**DATA SUPPLIED:**
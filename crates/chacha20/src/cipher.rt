//! The ChaCha20 block function, in the order in which RFC 8439 builds it up.
ghost use Rattle.std.specs.Prelude.{◌≡◌, ◌+◌, ◌<◌, ◌≤◌, length};
ghost use Rattle.chacha20.specs.Block.{quarter_round, quarter_round_at, column_round, diagonal_round, double_rounds};
ghost use Rattle.chacha20.specs.Block.{word_at, initial_state, sums, serialized, block as the_block};

// "expand 32-byte k" in four words, which every initial state begins with (section 2.3).
const CONSTANTS: [u32; 4] = [0x61707865, 0x3320646e, 0x79622d32, 0x6b206574];

// Section 2.1.
fn quarter_round(a: u32, b: u32, c: u32, d: u32) -> (u32, u32, u32, u32)
    ensures { result ≡ quarter_round a b c d }
{
    let a = a.wrapping_add(b);
    let d = (d ^ a).rotate_left(16);
    let c = c.wrapping_add(d);
    let b = (b ^ c).rotate_left(12);
    let a = a.wrapping_add(b);
    let d = (d ^ a).rotate_left(8);
    let c = c.wrapping_add(d);
    let b = (b ^ c).rotate_left(7);
    (a, b, c, d)
}

// Section 2.2: the quarter round on the words at four places of the state.
fn quarter_round_at(state: &mut [u32; 16], i: usize, j: usize, k: usize, l: usize)
    requires { (i < 16) × ((j < 16) × ((k < 16) × (l < 16))) }
    ensures { state.new ≡ quarter_round_at state.old i j k l }
{
    let (a, b, c, d) = quarter_round(state[i], state[j], state[k], state[l]);
    state[i] = a;
    state[j] = b;
    state[k] = c;
    state[l] = d;
}

fn column_round(state: &mut [u32; 16])
    ensures { state.new ≡ column_round state.old }
{
    quarter_round_at(state, 0, 4, 8, 12);
    quarter_round_at(state, 1, 5, 9, 13);
    quarter_round_at(state, 2, 6, 10, 14);
    quarter_round_at(state, 3, 7, 11, 15);
}

fn diagonal_round(state: &mut [u32; 16])
    ensures { state.new ≡ diagonal_round state.old }
{
    quarter_round_at(state, 0, 5, 10, 15);
    quarter_round_at(state, 1, 6, 11, 12);
    quarter_round_at(state, 2, 7, 8, 13);
    quarter_round_at(state, 3, 4, 9, 14);
}

fn twenty_rounds(state: &mut [u32; 16])
    ensures { state.new ≡ double_rounds 10 state.old }
{
    for _i in 0..10u32 {
        column_round(state);
        diagonal_round(state);
    }
}

// The word that stands in four of the bytes, from place i on, the lowest byte first.
fn word_at(bytes: &[u8], i: usize) -> u32
    requires { i + 4 ≤ length bytes.now }
    ensures { result ≡ word_at bytes.now i }
{
    u32::from_le_bytes([bytes[i], bytes[i + 1], bytes[i + 2], bytes[i + 3]])
}

fn initial_state(key: &[u8; 32], nonce: &[u8; 12], counter: u32) -> [u32; 16]
    ensures { result ≡ initial_state key.now nonce.now counter }
{
    [
        CONSTANTS[0],
        CONSTANTS[1],
        CONSTANTS[2],
        CONSTANTS[3],
        word_at(key, 0),
        word_at(key, 4),
        word_at(key, 8),
        word_at(key, 12),
        word_at(key, 16),
        word_at(key, 20),
        word_at(key, 24),
        word_at(key, 28),
        counter,
        word_at(nonce, 0),
        word_at(nonce, 4),
        word_at(nonce, 8),
    ]
}

// Adds the initial state to the state, place by place, without which the rounds could be run backwards.
fn add_words(state: &mut [u32; 16], initial: &[u32; 16])
    ensures { state.new ≡ sums state.old initial.now }
{
    // Indexed on one side: nothing is known of what is written behind an adapter of `iter_mut`, and `array::from_fn` indexes both.
    for (i, word) in initial.iter().enumerate() {
        state[i] = state[i].wrapping_add(*word);
    }
}

fn serialize(state: &[u32; 16]) -> [u8; 64]
    ensures { result ≡ serialized state.now }
{
    let mut out = [0u8; 64];
    // As above, of `chunks_exact_mut`.
    for (i, word) in state.iter().enumerate() {
        out[4 * i..4 * i + 4].copy_from_slice(&word.to_le_bytes());
    }
    out
}

// The 64 bytes of the key stream at a block counter (section 2.3), for every key, nonce and counter.
pub fn block(key: &[u8; 32], nonce: &[u8; 12], counter: u32) -> [u8; 64]
    ensures { result ≡ the_block key.now nonce.now counter }
{
    let initial = initial_state(key, nonce, counter);
    let mut state = initial;
    twenty_rounds(&mut state);
    add_words(&mut state, &initial);
    serialize(&state)
}

#[cfg(test)]
mod tests {
    use super::{quarter_round, quarter_round_at};

    // Section 2.1.1.
    #[test]
    fn quarter_round_of_four_words(rt: HostRuntime) {
        let (a, b, c, d) = quarter_round(0x11111111, 0x01020304, 0x9b8d6f43, 0x01234567);
        assert_eq!(rt;
            [a, b, c, d],
            [0xea2a92f4, 0xcb1cf8ce, 0x4581472e, 0x5881c4bb]
        );
    }

    // Section 2.2.1.
    #[test]
    fn quarter_round_on_a_state(rt: HostRuntime) {
        let mut state = [
            0x879531e0, 0xc5ecf37d, 0x516461b1, 0xc9a62f8a, 0x44c20ef3, 0x3390af7f, 0xd9fc690b,
            0x2a5f714c, 0x53372767, 0xb00a5631, 0x974c541a, 0x359e9963, 0x5c971061, 0x3d631689,
            0x2098d9d6, 0x91dbd320,
        ];
        quarter_round_at(&mut state, 2, 7, 8, 13);
        assert_eq!(rt;
            state,
            [
                0x879531e0, 0xc5ecf37d, 0xbdb886dc, 0xc9a62f8a, 0x44c20ef3, 0x3390af7f, 0xd9fc690b,
                0xcfacafd2, 0xe46bea80, 0xb00a5631, 0x974c541a, 0x359e9963, 0x5c971061, 0xccc07c79,
                0x2098d9d6, 0x91dbd320,
            ]
        );
    }
}
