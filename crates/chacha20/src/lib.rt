//! ChaCha20 of RFC 8439: the block function, and the RFC's vectors as a theorem.
//!
//! Only the block function is here, since it is all that a pad source needs; nothing is encrypted.
#![tactic(auto)]

mod cipher;
mod vectors;

pub use cipher::block;
pub use vectors::vectors_hold;
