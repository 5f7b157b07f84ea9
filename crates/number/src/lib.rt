// "A number is written in groups of seven bits, lowest first, the top bit set on all groups but the last, shortest form, at most nine groups."
#![tactic(auto)]

ghost use Rattle.std.specs.Prelude.{◌≡◌, ◌+◌, ◌^◌, ◌<◌, ◌≤◌, length, drop};
ghost use Rattle.std.proofs.lemmas.List.Edits.{sets};
ghost use Rattle.rules.specs.Numbers.{number, number_bytes};
ghost use Rattle.rules.specs.Written.{write_number};
ghost use Rattle.refusal.specs.Refusal.{answer_of};
ghost use Rattle.number.specs.Numbers.{number_read, last_group, written_of, left_from};

use refusal::Refusal;

// 22: "value of 2^63 or more to write".
const LIMIT: u64 = 1 << 63;

// The last group, with so many before it: "the last of several groups is 0" is 19.
fn last_group(before: usize, value: u64, group: u64, next: usize) -> Result<(u64, usize), Refusal>
    ensures { answer_of result ≡ last_group before value group next }
{
    if 0 < before && group == 0 {
        return Err(Refusal::BadNumber);
    }
    Ok((value, next))
}

// Reads the number that stands at a place: with the place past it, or 18 or 19. Always in its caller's place in the program: a call, and an answer that is put
// into memory and taken out again, cost more than a short number does.
#[inline(always)]
pub fn read_number(bytes: &[u8], from: usize) -> Result<(u64, usize), Refusal>
    ensures { answer_of result ≡ number_read bytes.now (number (drop from bytes.now)) }
{
    let mut value: u64 = 0;
    let mut scale: u64 = 1;
    for before in 0..9 {
        let at = from + before;
        let Some(&byte) = bytes.get(at) else {
            return Err(Refusal::BytesEnd);
        };
        let group = u64::from(byte);
        if group < 128 {
            return last_group(before, value + scale * group, group, at + 1);
        }
        value += scale * (group - 128);
        scale *= 128;
    }
    Err(Refusal::BadNumber)
}

// How many bytes a number takes: one for each seven bits up to its highest, and one for 0.
#[tactic(auto, using(crate::proofs::Sizes::size_is))]
pub fn number_size(value: u64) -> usize
    requires { value < 2 ^ 63 }
    ensures { (result ≡ length (number_bytes value)) × (result ≤ 9) }
{
    value.max(1).ilog2() as usize / 7 + 1
}

// Stores a number that fits, and gives the place past it.
pub fn put_number(bytes: &mut [u8], from: usize, value: u64) -> usize
    requires { (value < 2 ^ 63) × (from + length (number_bytes value) ≤ length bytes.old) }
    ensures { (result ≡ from + length (number_bytes value)) × (bytes.new ≡ sets bytes.old from (number_bytes value)) }
{
    let last = from + number_size(value) - 1;
    let mut rest = value;
    for at in from..last {
        bytes[at] = (128 + rest % 128) as u8;
        rest /= 128;
    }
    bytes[last] = rest as u8;
    last + 1
}

// Writes a number from a place on, and gives how many bytes it takes: 22, then 21, and a refusal leaves the bytes as they were.
pub fn write_number(bytes: &mut [u8], from: usize, value: u64) -> Result<usize, Refusal>
    ensures value { answer_of result ≡ written_of (write_number value (drop from bytes.old)) }
    ensures bytes_after { bytes.new ≡ left_from from bytes.old (write_number value (drop from bytes.old)) }
{
    if LIMIT <= value {
        return Err(Refusal::TooLarge);
    }
    let size = number_size(value);
    if bytes.len() < from {
        return Err(Refusal::NoRoom);
    }
    if bytes.len() - from < size {
        return Err(Refusal::NoRoom);
    }
    put_number(bytes, from, value);
    Ok(size)
}
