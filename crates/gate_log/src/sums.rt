//! The sums of entries.
ghost use Rattle.std.specs.Prelude.{◌≡◌, ◌<◌, ◌≤◌, ◌+◌, ◌-◌, ◌^◌, ◌↔◌, length, take, drop, IsTrue, IfOk, IfErr};
ghost use Rattle.md5.specs.Md5.{md5};
ghost use Rattle.gate_log.specs.Faults.{IsEntryFault, IsReadFault};
ghost use Rattle.gate_log.specs.Lengths.{HavingBytes, HavingSum, IsSumAt};
ghost use Rattle.gate_log.specs.Looks.{LooksFor, LooksOn};
ghost use Rattle.gate_log.specs.Slots.{part};
ghost use Rattle.gate_log.specs.Version.{sum_size};
ghost use Rattle.gate_log.specs.declared.version.LogVersion.TheVariants.{Second};

use crate::fault::LogFault;
use crate::reads::{read_full, read_part};
use crate::slots::SUM_BYTES;
use crate::version::LogVersion;
use fleet_disk::{Disk, DiskFault, DiskFile};
use md5::{Digest, Md5};
use std::alloc::Global;

// The MD5 of an entry (RFC 1321).
pub fn sum_of_entry(entry: &[u8]) -> [u8; SUM_BYTES]
    ensures { result ≡ md5 entry.now }
{
    Md5::digest(entry)
}

// The sum of an entry that has these bounds in the journal.
pub fn sum_of_part<D: Disk>(
    alloc: Global,
    disk: &mut D,
    entry: u64,
    start: u64,
    end: u64,
) -> Result<[u8; SUM_BYTES], LogFault>
    requires { start < end }
    ensures sum { HavingBytes D.Disk disk.old end (IfOk result (λ sum. sum ≡ md5 (part start end (D.reads
        disk.old).journal))) }
    ensures due { HavingBytes D.Disk disk.old end (IfErr result IsReadFault) }
    ensures no_other { IfErr result (IsEntryFault entry) }
    ensures looks { LooksFor D.Disk disk.old disk.new result }
{
    let bytes = read_part(alloc, disk, entry, start, end)?;
    Ok(sum_of_entry(&bytes))
}

// Whether the sum at this place is that of an entry with these bounds; in the first version there is none.
pub fn has_sum<D: Disk>(
    alloc: Global,
    disk: &mut D,
    version: LogVersion,
    at: u64,
    entry: u64,
    start: u64,
    end: u64,
) -> Result<bool, LogFault>
    requires order { start < end }
    requires place { at + sum_size version < 2 ^ 64 }
    ensures sum { HavingSum D.Disk disk.old version at end (λ image. IfOk result (λ has. IsTrue has ↔ IsSumAt version
        at start end image)) }
    ensures due { HavingBytes D.Disk disk.old end (IfErr result IsReadFault) }
    ensures no_other { IfErr result (IsEntryFault entry) }
    ensures looks { LooksFor D.Disk disk.old disk.new result }
{
    match version {
        LogVersion::First => Ok(true),
        LogVersion::Second => is_sum_at(alloc, disk, at, entry, start, end),
    }
}

// Whether the sum at this place of `slots` is that of an entry with these bounds.
fn is_sum_at<D: Disk>(
    alloc: Global,
    disk: &mut D,
    at: u64,
    entry: u64,
    start: u64,
    end: u64,
) -> Result<bool, LogFault>
    requires order { start < end }
    requires place { at + 16 < 2 ^ 64 }
    ensures sum { HavingSum D.Disk disk.old Second at end (λ image. IfOk result (λ has. IsTrue has ↔ IsSumAt Second at
        start end image)) }
    ensures due { HavingBytes D.Disk disk.old end (IfErr result IsReadFault) }
    ensures no_other { IfErr result (IsEntryFault entry) }
    ensures looks { LooksFor D.Disk disk.old disk.new result }
{
    let there = read_sum(disk, at)?;
    let wanted = sum_of_part(alloc, disk, entry, start, end)?;
    Ok(there == wanted)
}

// The sum at this place of `slots`.
fn read_sum<D: Disk>(disk: &mut D, at: u64) -> Result<[u8; SUM_BYTES], DiskFault>
    requires { at + 16 < 2 ^ 64 }
    ensures sum { D.honest disk.old → at + 16 ≤ length (D.reads disk.old).slots
        → IfOk result (λ sum. take 16 (drop at (D.reads disk.old).slots) ≡ sum) }
    ensures looks { LooksOn D.Disk disk.old disk.new result }
{
    let mut sum = [0; SUM_BYTES];
    read_full(disk, DiskFile::Slots, at, &mut sum)?;
    Ok(sum)
}
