//! The two layouts of a log, and what each decides.
ghost use Rattle.std.specs.Prelude.{◌≡◌, ◌<◌, ◌≤◌, ◌+◌, ◌^◌};
ghost use Rattle.gate_log.specs.Slots.{gates_size};
ghost use Rattle.gate_log.specs.Version.{file_of, gate_place, slot_size, sum_size};

use fleet_disk::DiskFile;

/// How many bytes `slots` has at least, where it has an entry: a slot, and a gate behind it.
const LEAST_SLOTS: u64 = 26;

/// Which layout a log has.
#[derive(Clone, Copy, PartialEq, Eq)]
pub enum LogVersion {
    /// The file `gate` has a gate and a length for each entry.
    First,
    /// The file `slots` has a gate, a length and the MD5 of the entry for each.
    Second,
}

// The file that has the gates.
pub fn gates_file(version: LogVersion) -> DiskFile
    ensures { result ≡ file_of version }
{
    match version {
        LogVersion::First => DiskFile::Gate,
        LogVersion::Second => DiskFile::Slots,
    }
}

// How many bytes a slot has: a gate, a length and in the second version a sum; or a length, a sum and the next gate.
pub fn slot_bytes(version: LogVersion) -> u64
    ensures size { result ≡ slot_size version }
    ensures sum { result ≡ 9 + sum_size version }
    ensures most { result ≤ 25 }
{
    match version {
        LogVersion::First => 9,
        LogVersion::Second => 25,
    }
}

// Where the gate of an entry stands.
pub fn gate_at(version: LogVersion, entry: u64) -> u64
    requires { gates_size version entry < 2 ^ 64 }
    ensures place { result ≡ gate_place version entry }
    ensures room { result + 1 < 2 ^ 64 }
{
    match version {
        LogVersion::First => 9 * entry,
        LogVersion::Second => 25 * entry,
    }
}

// The version where `slots` has so many bytes and begins with an open gate.
pub fn begun(slots: u64) -> LogVersion
    ensures second { 26 ≤ slots → result ≡ LogVersion.Second }
    ensures first { slots < 26 → result ≡ LogVersion.First }
{
    if slots < LEAST_SLOTS {
        return LogVersion::First;
    }
    LogVersion::Second
}

// The version where `gate` has so many bytes and `slots` begins with a closed gate.
pub fn empty(gate: u64) -> LogVersion
    ensures second { gate ≡ 0 → result ≡ LogVersion.Second }
    ensures first { 0 < gate → result ≡ LogVersion.First }
{
    if gate > 0 {
        return LogVersion::First;
    }
    LogVersion::Second
}
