//! The device calls of an append.
ghost use Rattle.std.specs.Prelude.{◌≡◌, ◌≤◌, ◌<◌, ◌+◌, ◌^◌, ◌++◌, ◌∷◌, [], length, OnOk};
ghost use Rattle.fleet_disk.specs.Rules.{overwritten, Torn, OnFile, Follows};
ghost use Rattle.gate_log.specs.Device.{Acts, ActsSafely, AtEachMoment, IsSound, Passes, Turns};
ghost use Rattle.gate_log.specs.Slots.{mark};
ghost use Rattle.gate_log.specs.Standing.{ends_with, last_end, IsAdded, IsAtRest, IsEither, IsRising, parts};
ghost use Rattle.gate_log.specs.Version.{file_of, gates_of};

use crate::ends::end_of;
use crate::slots::{GATE_BYTES, OPEN, closed_slot, closed_slot_with_sum};
use crate::sums::sum_of_entry;
use crate::version::{LogVersion, gate_at, gates_file};
use fleet_disk::{Disk, DiskFault, DiskFile};

// Writes an entry behind the last, with its slot and a closed gate behind it; opens its gate once that is synced;
// and syncs again.
pub fn put_entry<D: Disk>(
    disk: &mut D,
    version: LogVersion,
    ends: &[u64],
    entry: &[u8],
) -> Result<(), DiskFault>
    requires some { 0 < length entry.now }
    requires rising { IsRising 0 ends.now }
    requires fits { last_end 0 ends.now + length entry.now ≤ 2 ^ 56 }
    requires at_rest { D.honest disk.old → IsAtRest version ends.now (D.reads disk.old) }
    requires durable { IsSound D.Disk disk.old }

    ensures at_rest { D.honest disk.old → OnOk result (IsAtRest version (ends_with ends.now entry.now) (D.reads
        disk.new)) }
    ensures files { Turns D.Disk disk.old disk.new result (IsAdded version (ends_with ends.now entry.now) entry.now) }
    ensures added { Turns D.Disk disk.old disk.new result (λ old new. parts 0 (ends_with ends.now entry.now)
        new.journal ≡ parts 0 ends.now old.journal ++ entry.now ∷ []) }
    ensures any_moment { AtEachMoment D.Disk disk.old disk.new (IsEither (parts 0 ends.now (D.reads disk.old).journal)
        entry.now) }
    ensures acts { ActsSafely D.Disk disk.old disk.new result }
{
    let start = end_of(ends);
    let end = start + entry.len() as u64;
    let gate = gate_at(version, ends.len() as u64);
    disk.write_at(DiskFile::Journal, start, entry)?;
    write_slot(disk, version, gate + GATE_BYTES, end, entry)?;
    disk.sync()?;
    disk.write_at(gates_file(version), gate, &[OPEN])?;
    disk.sync()?;
    Ok(())
}

// Writes what stands behind the gate of an entry, and a closed gate behind it.
fn write_slot<D: Disk>(
    disk: &mut D,
    version: LogVersion,
    at: u64,
    end: u64,
    entry: &[u8],
) -> Result<(), DiskFault>
    requires { D.honest disk.old → at ≤ length (gates_of version (D.reads disk.old)) }
    ensures written { Turns D.Disk disk.old disk.new result (OnFile (file_of version) (λ old new. new ≡ overwritten at
        (mark version end entry.now ++ 0 ∷ []) old)) }
    ensures left { D.honest disk.old → Follows (OnFile (file_of version)
        (Torn at (length (mark version end entry.now ++ 0 ∷ [])))) (D.may_leave disk.old) (D.may_leave disk.new) }
    ensures time { D.honest disk.old → Passes D.Disk disk.old disk.new }
    ensures acts { Acts D.Disk disk.old disk.new result }
{
    match version {
        LogVersion::First => disk.write_at(DiskFile::Gate, at, &closed_slot(end)),
        LogVersion::Second => {
            let slot = closed_slot_with_sum(end, sum_of_entry(entry));
            disk.write_at(DiskFile::Slots, at, &slot)
        }
    }
}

**WHAT YOU NEED TO DO:**
Your answer should be the lines above, from the line containing "let gate = gate_at(version, ends.len()" up to and including the line containing "Follows (OnFile (file_of version)", reproduced exactly and with nothing else.

**EXERCISE SOLUTION:**
    let gate = gate_at(version, ends.len() as u64);
    disk.write_at(DiskFile::Journal, start, entry)?;
    write_slot(disk, version, gate + GATE_BYTES, end, entry)?;
    disk.sync()?;
    disk.write_at(gates_file(version), gate, &[OPEN])?;
    disk.sync()?;
    Ok(())
}

// Writes what stands behind the gate of an entry, and a closed gate behind it.
fn write_slot<D: Disk>(
    disk: &mut D,
    version: LogVersion,
    at: u64,
    end: u64,
    entry: &[u8],
) -> Result<(), DiskFault>
    requires { D.honest disk.old → at ≤ length (gates_of version (D.reads disk.old)) }
    ensures written { Turns D.Disk disk.old disk.new result (OnFile (file_of version) (λ old new. new ≡ overwritten at
        (mark version end entry.now ++ 0 ∷ []) old)) }
    ensures left { D.honest disk.old → Follows (OnFile (file_of version)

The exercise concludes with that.